If your view is that it is acceptable for a professor to teach their morals, as long as they are sincere, then I would agree, although haltingly, with your statement that “Different views and competing visions should be introduced when appropriate”. The portion of that statement that causes me concern is the ending, i.e. “when appropriate”. That starts to sound a little arbitrary, or as you state it, like some form of censorship.

I seriously doubt that you would support any professor who sincerely espoused the views of the KKK. Yet that same professor could copy, almost word for word, your “Teaching Philosophy and Raison D’être” and be justified.

It seems to me that balance would requires competing views, whether you embrace them or not. Otherwise you end up being nothing more than what Nietzsche referred to as an epileptic of the concept.

Sincerely

John May

—————————————————————————–

From:   Kirstein, Peter N. Sent:  Fri 1/23/2009 8:34 AM
To:   XXX@yahoo.com
Cc:    
Subject:   RE: Teaching Philosophy and Raison D’être in being a professor

Dear John:  

Teaching is a moral act and of course predicated on the instructor’s morals but within the realm of effective and pedagogical best practices.                                                                                                      

I would support the right of a professor to espouse the views of the K.K.K. in class as long as its history is fairly rendered, students were encouraged to disagree and there was an absence of any hate speech directed toward a student or group. I might be uncomfortable with a colleague who supported the Klan but academic freedom would protect that person’s right to do so as it would for him or her to support the views of George Walker Bush.  

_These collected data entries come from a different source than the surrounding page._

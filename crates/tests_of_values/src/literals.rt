//! Literals that are read and written again by the public readers and writers.

use df_filter_text::{read_filter, write_filter};
use df_value_text::{
    read_label, read_privilege, read_tag, read_value, write_label, write_privilege, write_tag,
    write_value,
};
use std::alloc::Global;
use std::test::Fail;

fn tag(alloc: Global, text: &[u8], again: &mut Vec<u8>) -> Result<(), Fail> {
    let (tag, _) = read_tag(alloc, text, 0)?;
    Ok(write_tag(&tag, again)?)
}

fn label(alloc: Global, text: &[u8], again: &mut Vec<u8>) -> Result<(), Fail> {
    let (label, _) = read_label(alloc, text, 0)?;
    Ok(write_label(&label, again)?)
}

fn privilege(alloc: Global, text: &[u8], again: &mut Vec<u8>) -> Result<(), Fail> {
    let (privilege, _) = read_privilege(alloc, text, 0)?;
    Ok(write_privilege(&privilege, again)?)
}

fn value(alloc: Global, text: &[u8], again: &mut Vec<u8>) -> Result<(), Fail> {
    let (value, _) = read_value(alloc, text, 0)?;
    Ok(write_value(value.value(), again)?)
}

fn filter(alloc: Global, text: &[u8], again: &mut Vec<u8>) -> Result<(), Fail> {
    let filter = read_filter(alloc, text)?;
    Ok(write_filter(alloc, &filter, again)?)
}

#[test]
fn literals_are_written_as_they_were_read(rt: HostRuntime) -> Result<(), Fail> {
    let alloc = rt.alloc();
    let mut again = Vec::new(alloc);
    tag(alloc, b"#3.1", &mut again)?;
    label(alloc, b"{#0,#3.1|#2}", &mut again)?;
    privilege(alloc, b"#0-auth", &mut again)?;
    value(alloc, b"[1,(a=\"b\",c=x\"00\")]", &mut again)?;
    filter(alloc, b"a?&t.b^\"c\"", &mut again)?;
    assert_eq!(rt;
        again.as_slice(),
        b"#3.1{#0,#3.1|#2}#0-auth[1,(a=\"b\",c=x\"00\")]a?&t.b^\"c\"".as_slice()
    );
    Ok(())
}
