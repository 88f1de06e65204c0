//! Tests of names, values, literals, pairs and books: what no clause says of calls that the program
//! doesn't make, that ample memory and any depth will do, and that copies stay as they were.
#![tactic(auto)]

#[cfg(test)]
mod books;
#[cfg(test)]
mod depth;
#[cfg(test)]
mod keys;
#[cfg(test)]
mod literals;
#[cfg(test)]
mod pairs;
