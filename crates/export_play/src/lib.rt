// The playing program on one script, for C and Rust: a member of its own, so that what it calls has one caller in the other members and is
// inlined there.
#![tactic(auto)]

ghost use Rattle.std.specs.Prelude.{◌≡◌, length};
ghost use Rattle.play_game.specs.Play.{played_answer, output_of};
ghost use Rattle.export_play.specs.Playing.{played_out};

// The number of a script or an output beyond the player's limits. No question has it.
const BEYOND: u8 = 255;

// The answer to a script: 0, or 255 beyond the player's limits; and how many bytes were printed.
#[repr(C)]
#[derive(Clone, Copy)]
pub struct CetskobiPlayed {
    pub number: u8,
    pub len: usize,
}

impl From<Option<usize>> for CetskobiPlayed {
    ghost from_gives = { λ printed played. played ≡ played_out printed };

    fn from(printed: Option<usize>) -> CetskobiPlayed {
        match printed {
            Some(len) => CetskobiPlayed { number: 0, len },
            None => CetskobiPlayed {
                number: BEYOND,
                len: 0,
            },
        }
    }
}

// What a script prints, at the front of the output.
#[unsafe(no_mangle)]
pub extern "C" fn cetskobi_play(script: &[u8], out: &mut [u8]) -> CetskobiPlayed
    ensures { (result ≡ played_out (played_answer script.now (length out.old)))
        × (out.new ≡ output_of script.now out.old) }
{
    play_game::play(script, out).into()
}
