// The generator that the hyperplanes' stream (scope, part 3) and the leaders' draws (part 4) share: a
// 64-bit linear congruential step.
//
// `wrapping_mul` is Rust's `u64::wrapping_mul`, made from halves of 32 bits and the supplied wrapping sum, as the
// scope asks (Language forms); `next` is one step of the recurrence with the addend of the caller's choice. Both
// are equal to their definitions in specs/Lcg for all arguments.
ghost use Rattle.std.specs.Prelude.{◌≡◌, ◌*◌, ◌%◌, ◌^◌};
ghost use Rattle.random.specs.Lcg.{next_of, plane_addend, draw_addend};

// The product modulo 2^64. The product of the two upper halves is a multiple of 2^64 and drops out.
// kept (3): the scope asks for an own wrapping product from the supplied wrapping sum.
pub fn wrapping_mul(a: u64, b: u64) -> u64
    ensures { result ≡ (a * b) % 2 ^ 64 }
{
    let a_low = a & 0xffff_ffff;
    let a_high = a >> 32;
    let b_low = b & 0xffff_ffff;
    let b_high = b >> 32;
    let cross = (a_high * b_low).wrapping_add(a_low * b_high);
    (a_low * b_low).wrapping_add(cross << 32)
}

// r one step on.
pub fn next(addend: u64, r: u64) -> u64
    ensures { result ≡ next_of addend r }
{
    wrapping_mul(r, 6364136223846793005).wrapping_add(addend)
}

// The step of the hyperplanes' stream, and that of the leaders' draws.
// kept: each says in its contract which definition's addend it has, which a constant could not.
pub fn next_plane(r: u64) -> u64
    ensures { result ≡ next_of plane_addend r }
{
    next(1442695040888963407, r)
}

pub fn next_draw(r: u64) -> u64
    ensures { result ≡ next_of draw_addend r }
{
    next(1, r)
}
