// The leaders of a segment (scope, part 4): how many there are, and which positions are drawn. It is the
// part of the Rust's `partition` that samples leaders.
//
// Counts and draws are equal to `leader_count` and `drawn` of specs/Leaders. The draws' recurrence has
// its own addend, 1; r starts anew for each segment, from its level alone.
ghost use Rattle.std.specs.Prelude.{◌≡◌, ◌^◌, ◌≤◌, min, ◌++◌, length, drop};
ghost use Rattle.random.specs.Leaders.{leader_count, drawn, drawn_into, up_to};

use super::lcg;

// The floor of the rounded product of length and fraction, at least 2, at most the length.
pub fn leader_count(n: u32, fraction: f64) -> u32
    ensures { result ≡ leader_count n fraction }
{
    let floor = std::num::saturating_f64_to_u64((n as f64) * fraction);
    floor.max(2).min(n as u64) as u32
}

// Draws positions of a segment of n, or of as many as `left` has room for: as many as `out` has room
// for, at most all. `left` holds those not drawn yet; what it holds afterwards is free.
pub fn draw_leaders(level: u32, n: u32, left: &mut [u32], out: &mut [u32])
    ensures { out.new ≡ drawn_into level (min n (length left.old)) out.old }
{
    let room = (n as usize).min(left.len());
    draw_segment(level, &mut left[..room], out);
}

// The positions 0, 1 and so on of a segment of n, or of as many as there is room for; what stands behind
// them stays.
pub fn all_positions(n: u32, left: &mut [u32])
    ensures { left.new ≡ up_to (min n (length left.old)) ++ drop (min n (length left.old)) left.old }
{
    let room = (n as usize).min(left.len());
    count_up(&mut left[..room]);
}

// The draws where all of `left` is the segment.
fn draw_segment(level: u32, left: &mut [u32], out: &mut [u32])
    requires { length left.old ≤ 2 ^ 32 }
    ensures { out.new ≡ drawn_into level (length left.old) out.old }
{
    count_up(left);
    let count = out.len().min(left.len());
    draw(left, &mut out[..count], (level as u64) * 2654435761 + 42);
}

// 0, 1, 2 and so on.
fn count_up(left: &mut [u32])
    requires { length left.old ≤ 2 ^ 32 }
    ensures { left.new ≡ up_to (length left.old) }
{
    for (i, position) in left.iter_mut().enumerate() {
        *position = i as u32;
    }
}

// A draw for each place of `out`: it steps r and takes the position that r determines, and the last of those
// left moves into its place (`swap_remove`).
fn draw(left: &mut [u32], out: &mut [u32], start: u64)
    requires { length out.old ≤ length left.old }
    ensures { out.new ≡ drawn (length out.old) start left.old }
{
    let mut r = start;
    for (i, position) in out.iter_mut().enumerate() {
        r = lcg::next_draw(r);
        let rest = left.len() - i;
        let p = ((r / 0x2_0000_0000) % (rest as u64)) as usize;
        let last = left[rest - 1];
        *position = left[p];
        left[p] = last;
    }
}
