// The two streams of numbers that a build draws from.
//
// lcg          the wrapping multiply and the recurrence of both streams
// hyperplanes  the table of 1,024 numbers that the first stream makes (scope, part 3)
// leaders      how many leaders a segment has, and the positions drawn from the second stream (scope, part 4)
#![tactic(auto)]

pub mod hyperplanes;
pub mod lcg;
pub mod leaders;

Presenting competing views is essential but not required in all circumstances. With regard to neutrality or always presenting all sides of an argument, allow me to quote myself from a YouTube video on  a talk I gave at New York University:

“Roberta Matthews, former provost at Brooklyn College, astutely noted, “teaching is a political act.” For me it is also a moral act that requires challenging the canon and educating responsible citizens. A professor should not merely recite facts and figures and maintain a sterile neutrality, as dictated by David Horowitz’s Academic Bill of Rights, or cover slavishly both sides of every issue. Is slavery defensible? Is genocide defensible? Is racism defensible? Is homophobia defensible? Are war crimes defensible?”